//! What `generate` does, and what it promises.

ghost use Rattle.std.specs.Prelude.{◌≡◌, ◌≤◌, ℕ, List, IfOk};
ghost use Rattle.cif_run.specs.Works.{Comes, Stops, reading, writing};
ghost use Rattle.cif_run.specs.declared.status.ProfileWhy.{ProfileWhy};
ghost use Rattle.cif_refusal.specs.declared.refusal.Refusal.{Refusal};
ghost use Rattle.cif_net.specs.View.{net_tree};
ghost use Rattle.cif_accept.specs.Accepts.{SourceHasTooMany, SourceIs, SourceRefused};
ghost use Rattle.cif_source.specs.Source.{Source};
ghost use Rattle.cif_inst_model.specs.NetRules.{UnclassedDue};
ghost use Rattle.plc_model.specs.Face.{HasInterface};
ghost use Rattle.plc_model.specs.Scans.{NeverFaults, RunsFirstSteps, ScansLegally, ScansExactly, ShowsOutputs, StaysTyped};
ghost use Rattle.plc_back.specs.Texts.{IsLayoutOf, TheProgram};
ghost use Rattle.cif_generate.specs.Meaning.{AreClassed, StartsInitial, meant_by, shown_of};
ghost use Rattle.cif_generate.specs.Generates.{Writes, generate_of, generate_work};
ghost use Rattle.cif_generate.specs.Told.{IsTold, path_in};

use crate::request::Generate;
use cif_accept::accept_file;
use cif_base::{Memory, Text};
use cif_io::{Files, Sink};
use cif_net::Net;
use cif_run::{Command, Ended, ProfileWhy, Status, run};
use plc_back::{ProfileErr, generate_text};
use std::alloc::Global;

/// The path of an event.
fn path_of(alloc: Global, net: &Net, event: u32) -> Result<Text, Memory>
    ensures { IfOk result (λ path. path ≡ path_in (net_tree net.now) event) }
{
    match net.events.get(event as usize) {
        Some(found) => found.path.copy(alloc),
        None => Ok(Text::new(alloc)),
    }
}

/// The end of the command over a net whose first event without a class is this.
fn unclassed(alloc: Global, net: &Net, event: u32) -> Ended
    ensures { IsTold (net_tree net.now) event result }
{
    match path_of(alloc, net, event) {
        Ok(variable) => Ended {
            status: Status::OutsideProfile {
                why: ProfileWhy::Unclassed { event },
            },
            variable,
            limit: 0,
        },
        Err(_) => Ended::plain(alloc, Status::Memory),
    }
}

impl<'a> Command for Generate<'a> {
    ghost use Rattle.cif_generate.specs.Generates.{generate_of, generate_work};

    ghost work = { λ g content. generate_work (generate_of g) content };

    fn text<F: Files>(&self, alloc: Global, files: &mut F) -> Result<Vec<u8>, Ended> {
        let net = accept_file(alloc, self.file, files)?;
        match generate_text(alloc, &net, self.bounds) {
            Ok(text) => Ok(text),
            Err(ProfileErr::Unclassed { event }) => Err(unclassed(alloc, &net.plain.net, event)),
            Err(ProfileErr::Memory) => Err(Ended::plain(alloc, Status::Memory)),
        }
    }
}

/// Reads the source (CIF 3 language reference) of the file, and writes a Structured Text program (IEC 61131-3) that makes its scans,
/// with at most these rounds of uncontrollable and of controllable events in a scan.
/// After Done every promise speaks of the one program that the text reads as.
pub fn generate<F: Files, O: Sink>(
    alloc: Global,
    asked: &Generate<'_>,
    files: &mut F,
    out: &mut O,
) -> Ended
    ensures came { Comes (generate_work (generate_of asked.now) (F.content files.old))
        (reading (F.content files.old) (F.faults files.old) (F.faults files.new) (F.most files.new))
        (writing (O.written out.old) (O.written out.new) (O.faults out.old) (O.faults out.new)) result }
    // It has the inputs and outputs.
    ensures program { result.status ≡ Status.Done →
        Writes (F.content files.old) asked.now.file.now (O.written out.old) (O.written out.new)
        (λ t text. TheProgram text (HasInterface (shown_of t))) }
    // Its start memory stands for the initial state.
    ensures starts_initial { result.status ≡ Status.Done →
        Writes (F.content files.old) asked.now.file.now (O.written out.old) (O.written out.new)
        (λ t text. TheProgram text (StartsInitial (shown_of t) (meant_by t))) }
    // Each scan that ends is a run of first steps.
    ensures runs_first_steps { result.status ≡ Status.Done →
        Writes (F.content files.old) asked.now.file.now (O.written out.old) (O.written out.new)
        (λ t text. TheProgram text (RunsFirstSteps (shown_of t) (meant_by t))) }
    // Each scan ends.
    ensures never_faults { result.status ≡ Status.Done →
        Writes (F.content files.old) asked.now.file.now (O.written out.old) (O.written out.new)
        (λ t text. TheProgram text (NeverFaults (meant_by t))) }
    // Each scan is legal whole.
    ensures scans_legally { result.status ≡ Status.Done →
        Writes (F.content files.old) asked.now.file.now (O.written out.old) (O.written out.new)
        (λ t text. TheProgram text (ScansLegally asked.now.bounds.unc asked.now.bounds.con (shown_of t) (meant_by t))) }
    // Each scan is the exact scan.
    ensures scans_exactly { result.status ≡ Status.Done →
        Writes (F.content files.old) asked.now.file.now (O.written out.old) (O.written out.new)
        (λ t text. TheProgram text (ScansExactly asked.now.bounds.unc asked.now.bounds.con (shown_of t) (meant_by t))) }
    // The outputs are those of the state.
    ensures shows_outputs { result.status ≡ Status.Done →
        Writes (F.content files.old) asked.now.file.now (O.written out.old) (O.written out.new)
        (λ t text. TheProgram text (ShowsOutputs (shown_of t) (meant_by t))) }
    // No variable leaves its declared type.
    ensures stays_typed { result.status ≡ Status.Done →
        Writes (F.content files.old) asked.now.file.now (O.written out.old) (O.written out.new)
        (λ t text. TheProgram text (StaysTyped (meant_by t))) }
    // The text is the layout of the program, to the byte.
    ensures laid_out { result.status ≡ Status.Done →
        Writes (F.content files.old) asked.now.file.now (O.written out.old) (O.written out.new)
        (λ t text. TheProgram text (IsLayoutOf text)) }
    // Each event of the source has a class.
    ensures classed { result.status ≡ Status.Done →
        Writes (F.content files.old) asked.now.file.now (O.written out.old) (O.written out.new)
        (λ t text. AreClassed t) }
    // A source is refused for a cause that it has.
    ensures refused { (why : Refusal) → result.status ≡ Status.Refused why →
        SourceRefused (F.content files.old) asked.now.file.now why }
    ensures too_many { (count : ℕ) → result.status ≡ Status.OutsideProfile (ProfileWhy.TooManyChoices count) →
        SourceHasTooMany (F.content files.old) asked.now.file.now count }
    // The event is the first of the source without a class.
    ensures unclassed { (event : ℕ) → result.status ≡ Status.OutsideProfile (ProfileWhy.Unclassed event) →
        (t : Source) × SourceIs (F.content files.old) asked.now.file.now t × UnclassedDue t event }
    ensures kept { (n : List ℕ) → F.content files.new n ≡ F.content files.old n }
    ensures faults_stay_or_rise { (n : List ℕ) → F.faults files.old n ≤ F.faults files.new n }
    ensures most_stays_or_rises { (n : List ℕ) → F.most files.old n ≤ F.most files.new n }
    ensures out_faults_stay_or_rise { O.faults out.old ≤ O.faults out.new }
{
    run(alloc, asked, files, out)
}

▬▬▬▬▬▬▬▬▬▬

*EXERCISE*
The answer is the lines above between the line holding "text reads as." and the line holding "(λ t text. TheProgram text (NeverFaults", inclusive, each written out exactly, and no others.

*RESPONSE TO THIS EXERCISE*
/// After Done every promise speaks of the one program that the text reads as.
pub fn generate<F: Files, O: Sink>(
    alloc: Global,
    asked: &Generate<'_>,
    files: &mut F,
    out: &mut O,
) -> Ended
    ensures came { Comes (generate_work (generate_of asked.now) (F.content files.old))
        (reading (F.content files.old) (F.faults files.old) (F.faults files.new) (F.most files.new))
        (writing (O.written out.old) (O.written out.new) (O.faults out.old) (O.faults out.new)) result }
    // It has the inputs and outputs.
    ensures program { result.status ≡ Status.Done →
        Writes (F.content files.old) asked.now.file.now (O.written out.old) (O.written out.new)
        (λ t text. TheProgram text (HasInterface (shown_of t))) }
    // Its start memory stands for the initial state.
    ensures starts_initial { result.status ≡ Status.Done →
        Writes (F.content files.old) asked.now.file.now (O.written out.old) (O.written out.new)
        (λ t text. TheProgram text (StartsInitial (shown_of t) (meant_by t))) }
    // Each scan that ends is a run of first steps.
    ensures runs_first_steps { result.status ≡ Status.Done →
        Writes (F.content files.old) asked.now.file.now (O.written out.old) (O.written out.new)
        (λ t text. TheProgram text (RunsFirstSteps (shown_of t) (meant_by t))) }
    // Each scan ends.
    ensures never_faults { result.status ≡ Status.Done →
        Writes (F.content files.old) asked.now.file.now (O.written out.old) (O.written out.new)
        (λ t text. TheProgram text (NeverFaults (meant_by t))) }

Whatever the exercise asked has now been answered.